(Records shown begins)

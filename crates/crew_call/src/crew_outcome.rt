use desk_base::{PersonNo, VacNo};
use desk_model::Reply;

/// What a crew call came to.
#[derive(Clone, Copy, Debug, PartialEq, Eq)]
pub enum CrewOutcome {
    /// Both vacancies were offered, the first to the one person and the second to the other.
    Both { first: PersonNo, second: PersonNo },
    /// This vacancy was not offered, with this reply. If it is the second, the offer of the first was withdrawn.
    Neither { vac: VacNo, reply: Reply },
    /// The second vacancy was not offered, and another entry had closed the offer of the first, this one to this person, before it
    /// could be withdrawn.
    Between { vac: VacNo, person: PersonNo },
}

(Records shown ends)

Lines above that contain the string "VacNo" make up the answer.

• **Solution for this task**:
use desk_base::{PersonNo, VacNo};
    Neither { vac: VacNo, reply: Reply },
    Between { vac: VacNo, person: PersonNo },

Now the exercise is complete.